After some time we decide we want to make projects/glasgow completely inaccessible.  The simplest way is to just destroy the wrapping key, in this case it is on /media/keys/g, and destroying the projects/glasgow dataset.  The data on disk will still be there until ZFS starts using those blocks again but since we have destroyed /media/keys/g (which I’m assuming here is on some separate file system) we have a high level of assurance that the encrypted data can’t be recovered even by reading “below” ZFS by looking at the disk blocks directly.

I’d recommend a tiny additional step just to make sure that the last version of the data encryption keys (which are stored wrapped on disk in the ZFS pool) are not encrypted by anything the user/admin knows:

$ zfs key -c -o raw,file:///dev/random projects/glasgow
$ zfs key -u projects/glasgow
$ zfs destroy projects/glasgow

While the step of re-wrapping the keys with a key the user/admin doesn’t know doesn’t provide a huge amount of additional security/assurance it makes the administrative intent much clearer and at least allows the user to assert that they did not know the wrapping key at the point the dataset was destroyed.

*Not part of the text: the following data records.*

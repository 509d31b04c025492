//! Packets of the Tabular Data Stream (MS-TDS 2.2.3.1), read in pieces of any size and written whole.
//!
//! [`PacketReader`] takes bytes as they come and lends each packet once it is whole. [`put_packet`] writes one.
//! Nothing here does input or output: bytes go in and packets come out.
#![tactic(auto)]

mod fault;
mod header;
mod kind;
pub mod laws;
mod passing;
mod reader;
mod size;
mod status;

pub use fault::PacketFault;
pub use header::{Header, put_packet, put_sent, sent_header};
pub use kind::{Direction, Kind};
pub use passing::{Head, HeaderReader, Passed};
pub use reader::{PacketReader, PacketRef};
pub use size::PacketSize;
pub use status::{Reset, Status};

/// The answer of a growth that was refused.
pub type NoMemory = std::alloc::AllocError;
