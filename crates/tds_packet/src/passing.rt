//! Packets that only pass (MS-TDS 2.2.3.1): where each begins and ends, by its header's length, in any cutting.

ghost use Rattle.std.specs.Prelude.{◌≡◌, ◌<◌, [], min, length, take};
ghost use Rattle.tds_packet.specs.Passing.{next_run, behind_run, run_brings, is_apart};

use std::marker::Model;

/// Of a packet's header what says where the packet ends, and what it is.
#[derive(Clone, Copy, Debug, PartialEq, Eq)]
pub struct Head {
    /// Type (MS-TDS 2.2.3.1.1).
    pub kind: u8,
    /// Status (2.2.3.1.2).
    pub status: u8,
    /// Length in bytes, the header's eight counted (2.2.3.1.3).
    pub length: u16,
}

/// What bytes bring.
#[derive(Clone, Copy, Debug, PartialEq, Eq)]
pub enum Passed {
    /// A part of a header, or nothing.
    Part,
    /// The last byte of a header.
    Begins(Head),
    /// Data, with which their packet ends or doesn't.
    Data { ends: bool },
    /// The last byte of a header whose length is less than its own: no packet.
    Wrong,
}

/// Reads headers alone, of any types, and counts the data behind each. It takes no memory.
#[derive(Debug, Drop)]
pub struct HeaderReader {
    /// The header that comes.
    bytes: [u8; 8],
    /// How many bytes of it have come: fewer than 8.
    came: u8,
    /// How many bytes of data are due behind the last one.
    due: u16,
}

impl Model for HeaderReader {
    ghost use Rattle.tds_packet.specs.Passing.{PacketPlace};

    ghost Value = { PacketPlace };

    ghost use Rattle.tds_packet.specs.Passages.{passing_of, IsHeaderReader};

    ghost view = { passing_of };

    ghost invariant = { IsHeaderReader };
}

impl HeaderReader {
    /// Before the first packet.
    pub fn new() -> HeaderReader
        ensures { result ≡ record { came = []; due = 0 } }
    {
        HeaderReader {
            bytes: [0; 8],
            came: 0,
            due: 0,
        }
    }

    /// Whether a packet has ended, or none has begun.
    pub fn is_between(&self) -> bool
        ensures { result ≡ is_apart self.now }
    {
        self.came == 0 && self.due == 0
    }

    /// How many bytes of data are due behind the last header: none while a header comes.
    pub fn due(&self) -> u16
        ensures { result ≡ self.now.due }
    {
        self.due
    }

    /// Takes the rest of a header, or of a packet's data, as far as it has come. How many bytes, and what they
    /// bring. Behind a wrong header it goes on as behind a packet without data.
    pub fn take(&mut self, piece: &[u8]) -> (usize, Passed)
        ensures count { result.0 ≡ min (next_run self.old) (length piece.now) }
        ensures place { self.new ≡ behind_run self.old (take (next_run self.old) piece.now) }
        ensures says { result.1 ≡ run_brings self.old (take (next_run self.old) piece.now) }
    {
        if self.due > 0 {
            self.take_data(piece)
        } else {
            self.take_header(piece)
        }
    }

    /// The same within a packet's data.
    fn take_data(&mut self, piece: &[u8]) -> (usize, Passed)
        requires { 0 < self.old.due }
        ensures count { result.0 ≡ min (next_run self.old) (length piece.now) }
        ensures place { self.new ≡ behind_run self.old (take (next_run self.old) piece.now) }
        ensures says { result.1 ≡ run_brings self.old (take (next_run self.old) piece.now) }
    {
        let count = usize::from(self.due).min(piece.len());
        self.due -= count as u16;
        (
            count,
            Passed::Data {
                ends: self.due == 0,
            },
        )
    }

    /// The same within a header.
    fn take_header(&mut self, piece: &[u8]) -> (usize, Passed)
        requires { self.old.due ≡ 0 }
        ensures count { result.0 ≡ min (next_run self.old) (length piece.now) }
        ensures place { self.new ≡ behind_run self.old (take (next_run self.old) piece.now) }
        ensures says { result.1 ≡ run_brings self.old (take (next_run self.old) piece.now) }
    {
        let start = usize::from(self.came);
        let count = (8 - start).min(piece.len());
        self.bytes[start..start + count].copy_from_slice(&piece[..count]);
        if start + count < 8 {
            self.came += count as u8;
            return (count, Passed::Part);
        }
        self.came = 0;
        let length = 256 * u16::from(self.bytes[2]) + u16::from(self.bytes[3]);
        if length < 8 {
            return (count, Passed::Wrong);
        }
        self.due = length - 8;
        let head = Head {
            kind: self.bytes[0],
            status: self.bytes[1],
            length,
        };
        (count, Passed::Begins(head))
    }
}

If we have clones this situation is slightly more complex since clones share their data encryption key with their origin – since they share data written before the clone was branched off the clone needs to be able to read the shared and unique data as if it was its own.

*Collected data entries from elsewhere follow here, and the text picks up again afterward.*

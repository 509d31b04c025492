ghost use Rattle.std.specs.Prelude.{◌≡◌, ◌≤◌, ◌+◌, ◌++◌, IfOk, IfErr, OnOk, OnErr, None, Some, length};
ghost use Rattle.tds_packet.specs.Layout.{bits_of, header_bytes};
ghost use Rattle.tds_packet.specs.Sent.{sent_bytes};
ghost use Rattle.tds_packet.specs.Faults.{header_fault};

use crate::NoMemory;
use crate::fault::PacketFault;
use crate::kind::{Direction, Kind};
use crate::size::PacketSize;
use crate::status::Status;
use bitflags::Flags;
use byteorder::{BigEndian, ByteOrder};

/// A packet's first eight bytes (MS-TDS 2.2.3.1). The numbers of two bytes stand with the higher byte first.
///
/// A receiver looks at the type, the status and the length alone. A sender writes SPID 0, window 0, and counts the
/// packets of a message from 1, modulo 256.
#[derive(Clone, Copy, PartialEq, Eq, Debug)]
pub struct Header {
    /// Type (2.2.3.1.1).
    pub kind: Kind,
    /// Status (2.2.3.1.2).
    pub status: Status,
    /// Length in bytes, these eight counted (2.2.3.1.3).
    pub length: u16,
    /// The server's process (2.2.3.1.4).
    pub spid: u16,
    /// The packet's place in its message (2.2.3.1.5).
    pub packet_id: u8,
    /// Not used (2.2.3.1.6).
    pub window: u8,
}

impl Header {
    /// Reads the header of a packet that goes in this direction, or finds the first fault of its bytes.
    #[tactic(auto, unfolding(crate::specs::Faults::fault_at))]
    pub fn read(
        bytes: &[u8; 8],
        size: PacketSize,
        direction: Direction,
    ) -> Result<Header, PacketFault>
        ensures spelled { IfOk result (λ header. header_bytes header ≡ bytes.now) }
        ensures lawful { IfOk result (λ _. header_fault direction size bytes.now ≡ None) }
        ensures fault { IfErr result (λ fault. header_fault direction size bytes.now ≡ Some fault) }
    {
        let Some(kind) = Kind::from_byte(bytes[0]) else {
            return Err(PacketFault::UnknownType);
        };
        if kind.direction() != direction {
            return Err(PacketFault::OtherDirection);
        }
        let length = BigEndian::read_u16(&bytes[2..]);
        if length < 8 {
            return Err(PacketFault::ShortLength);
        }
        if length > size.get() {
            return Err(PacketFault::LongLength);
        }
        let Some(status) = Status::read(bytes[1], direction) else {
            return Err(PacketFault::WrongStatus);
        };
        if length == 8 && !status.ends() {
            return Err(PacketFault::EmptyPart);
        }
        Ok(Header {
            kind,
            status,
            length,
            spid: BigEndian::read_u16(&bytes[4..]),
            packet_id: bytes[6],
            window: bytes[7],
        })
    }
}

/// Appends a packet: the header's eight bytes (MS-TDS 2.2.3.1), then the data. The header's Length
/// counts both. At want of memory nothing is appended.
pub fn put_packet(out: &mut Vec<u8>, header: Header, data: &[u8]) -> Result<(), NoMemory>
    requires { header.length ≡ 8 + length «data».now }
    ensures ok { OnOk result
        (out.new.items ≡ out.old.items ++ (header_bytes header ++ «data».now)) }
    ensures err { OnErr result (out.new.items ≡ out.old.items) }
{
    let bytes = bytes_of(header);
    out.reserve(8 + data.len())?;
    out.extend_from_slice(&bytes)?;
    out.extend_from_slice(data)
}

/// The header's bytes.
fn bytes_of(header: Header) -> [u8; 8]
    ensures { result ≡ header_bytes header }
{
    [
        header.kind.byte(),
        header.status.bits(),
        (header.length / 256) as u8,
        (header.length % 256) as u8,
        (header.spid / 256) as u8,
        (header.spid % 256) as u8,
        header.packet_id,
        header.window,
    ]
}

/// Appends a packet as both ends send it: SPID and Window are 0, and the Length counts the data. At
/// want of memory nothing is appended.
pub fn put_sent(
    out: &mut Vec<u8>,
    kind: Kind,
    status: Status,
    packet_id: u8,
    data: &[u8],
) -> Result<(), NoMemory>
    requires { length «data».now ≤ 65527 }
    ensures ok { OnOk result
        (out.new.items ≡ out.old.items ++ sent_bytes kind (bits_of status) packet_id «data».now) }
    ensures err { OnErr result (out.new.items ≡ out.old.items) }
{
    let header = Header {
        kind,
        status,
        length: (8 + data.len()) as u16,
        spid: 0,
        packet_id,
        window: 0,
    };
    put_packet(out, header, data)
}

/// The header of a packet with these data as both ends send it, for a caller that writes the
/// packet: SPID and Window are 0, and the Length counts the data.
#[inline(always)]
pub fn sent_header(kind: Kind, status: Status, packet_id: u8, data: &[u8]) -> [u8; 8]
    requires { length «data».now ≤ 65527 }
    ensures { result ++ «data».now ≡ sent_bytes kind (bits_of status) packet_id «data».now }
{
    let length = 8 + data.len();
    [
        kind.byte(),
        status.bits(),
        (length / 256) as u8,
        (length % 256) as u8,
        0,
        0,
        packet_id,
        0,
    ]
}
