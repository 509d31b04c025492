//! An application's end of a relay: a server's rules for what a client sends (MS-TDS 2.2.1, 2.2.3.1),
//! without an engine. Messages of any kind go through it as they come, and none is held.
//!
//! [`Front`] takes bytes in pieces of any size and says what is to be done: a request begins, these
//! bytes go on behind it, it has ended, it is to be forgotten; an attention is to be acknowledged at
//! once, or to be handed on. Nothing here does input or output.
#![tactic(auto)]

mod fault;
mod front;
pub mod laws;
mod parts;
mod stage;

pub use fault::FrontFault;
pub use front::{Due, Fed, Front, Part, Said};
pub use stage::{Action, Head, Stage};
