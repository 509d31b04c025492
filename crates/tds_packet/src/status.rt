ghost use Rattle.std.specs.Prelude.{⊤, ◌≡◌, ◌+◌, ◌==◌, [], ◌∷◌, codes, IfSome, is_some};
ghost use Rattle.tds_packet.specs.Layout.{reset_of, bits_of, has_bit, has_both_resets, is_status};
ghost use Rattle.tds_packet.specs.Resets.{reset_bit, mark_bit};
ghost use Rattle.tds_packet.specs.Sent.{end_bit};

use crate::kind::Direction;
use bitflags::{Flag, Flags, bitflag_items};

/// The reset of the session that a request asks for (MS-TDS 2.2.3.1.2).
#[derive(Clone, Copy, PartialEq, Eq, Debug)]
pub enum Reset {
    /// RESETCONNECTION: the session is made fresh, and a transaction that is open ends.
    Full,
    /// RESETCONNECTIONSKIPTRAN: the session is made fresh, but its transaction stays open.
    KeepTransaction,
}

/// A packet's status, a set of bits (MS-TDS 2.2.3.1.2).
///
/// | Bit | Name | Meaning |
/// |---|---|---|
/// | `01` | `END_OF_MESSAGE` | the last packet of its message |
/// | `02` | `IGNORE` | the server forgets the message that this packet ends |
/// | `08` | `RESET` | on a request's first packet: RESETCONNECTION |
/// | `10` | `RESET_KEEP_TRANSACTION` | on a request's first packet: RESETCONNECTIONSKIPTRAN |
#[derive(Clone, Copy, PartialEq, Eq, Debug)]
pub struct Status(u8);

bitflag_items! {
    impl Status: u8 {
        const END_OF_MESSAGE = 0x01;
        const IGNORE = 0x02;
        const RESET = 0x08;
        const RESET_KEEP_TRANSACTION = 0x10;
    }
}

impl Flags for Status {
    type Bits = u8;

    ghost exact = { ⊤ };

    ghost table = { (codes "END_OF_MESSAGE", 1) ∷ (codes "IGNORE", 2) ∷ (codes "RESET", 8)
        ∷ (codes "RESET_KEEP_TRANSACTION", 16) ∷ [] };

    ghost set_of = { λ s. bits_of s };

    fn flags<'a>() -> &'a [Flag<Status>] {
        Status::FLAGS
    }

    fn bits(&self) -> u8 {
        self.0
    }

    fn from_bits_retain(bits: u8) -> Status {
        Status(bits)
    }
}

impl Status {
    /// The status that a byte stands for, or none where packets of this direction may not have it: to the server any
    /// of the four bits, to the client end of message alone or nothing.
    #[tactic(auto, unfolding(crate::specs::Layout::is_status))]
    pub fn read(byte: u8, direction: Direction) -> Option<Status>
        ensures lawful { is_some result ≡ is_status direction byte }
        ensures value { IfSome result (λ status. bits_of status ≡ byte) }
    {
        match direction {
            Direction::ToServer => Status::from_bits(byte),
            Direction::ToClient => (byte <= 1).then_some(Status(byte)),
        }
    }

    /// Whether it is the last packet of its message.
    pub fn ends(&self) -> bool
        ensures { result ≡ has_bit (bits_of self.now) 1 }
    {
        self.contains(Status::END_OF_MESSAGE)
    }

    /// The reset that a request's first packet asks for, or none where neither or both of its bits are set.
    pub fn reset(&self) -> Option<Reset>
        ensures { result ≡ reset_of (bits_of self.now) }
    {
        match (
            self.contains(Status::RESET),
            self.contains(Status::RESET_KEEP_TRANSACTION),
        ) {
            (true, false) => Some(Reset::Full),
            (false, true) => Some(Reset::KeepTransaction),
            _ => None,
        }
    }

    /// Whether it ends a message that is to be forgotten.
    pub fn is_ignored(&self) -> bool
        ensures { result ≡ has_bit (bits_of self.now) 2 }
    {
        self.contains(Status::IGNORE)
    }

    /// Whether both resets are asked for.
    pub fn asks_for_both_resets(&self) -> bool
        ensures { result ≡ has_both_resets (bits_of self.now) }
    {
        self.contains(Status::RESET) && self.contains(Status::RESET_KEEP_TRANSACTION)
    }

    /// Whether it is end of message and nothing else, as an attention's is.
    pub fn ends_alone(&self) -> bool
        ensures { result ≡ (bits_of self.now == 1) }
    {
        self.bits() == 0x01
    }

    /// The status of a packet of an answer, or of an attention, which ends its message.
    pub fn of_answer(ends: bool) -> Status
        ensures { bits_of result ≡ end_bit ends }
    {
        if ends {
            Status::END_OF_MESSAGE
        } else {
            Status::empty()
        }
    }

    /// The status of a request's packet that goes out behind `before` others of its message. The
    /// first one has the bit of the reset that is asked for.
    pub fn of_request(ends: bool, before: usize, reset: Option<Reset>) -> Status
        ensures { bits_of result ≡ end_bit ends + mark_bit before reset }
    {
        let mut status = if before == 0 {
            reset_status(reset)
        } else {
            Status::empty()
        };
        if ends {
            status.insert(Status::END_OF_MESSAGE);
        }
        status
    }

    /// The status of a packet that ends a message and tells the server to forget it.
    pub fn to_ignore() -> Status
        ensures { bits_of result ≡ 3 }
    {
        let mut status = Status::END_OF_MESSAGE;
        status.insert(Status::IGNORE);
        status
    }
}

/// The status that asks for this reset, and says nothing else.
fn reset_status(reset: Option<Reset>) -> Status
    ensures { bits_of result ≡ reset_bit reset }
{
    match reset {
        None => Status::empty(),
        Some(Reset::Full) => Status::RESET,
        Some(Reset::KeepTransaction) => Status::RESET_KEEP_TRANSACTION,
    }
}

We can make sure that the unique data in a clone uses a different data encryption key than the origin does from the point the clone was taken:

... time passes data is placed in projects/glasgow
$ zfs snapshot projects/glasgow@1
$ zfs clone -K projects/glasgow@1 projects/mungo

By passing ‘-K’ to ‘zfs clone’ we ensure that any unique data in projects/mungo is using a different dataset encryption key from projects/glasgow, this means we can use the same operations as above to provide assured delete for the unique data in projects/mungo even though it is a clone.

Additionally we could also do ‘zfs key -K projects/glasgow’ and have any new data written to projects/glasgow after the projects/mungo clone was taken use a different data encryption key was well.  Note however that that is not atomic so I would recommend making projects/glasgow read-only before taking the snapshot even though normally this isn’t necessary, the full sequence then becomes:

$ zfs set readonly=on projects/glasgow
$ zfs snapshot projects/glasgow@1
$ zfs clone -K projects/glasgow@1 projects/mungo
$ zfs set readonly=off projects/mungo
$ zfs key -K projects/glasgow
$ zfs set readonly=off projects/glasgow

If you don’t have projects/glasgow marked as read-only then there is a risk that data could be written to projects/glasgow  after the snapshot is taken and before we get to the ‘zfs key -K’.  This may be more than is necessary in some cases but it is the safest method.

General documentation for ZFS support of encryption is in the Oracle Solaris ZFS Administration Guide in the Encrypting ZFS File Systems section.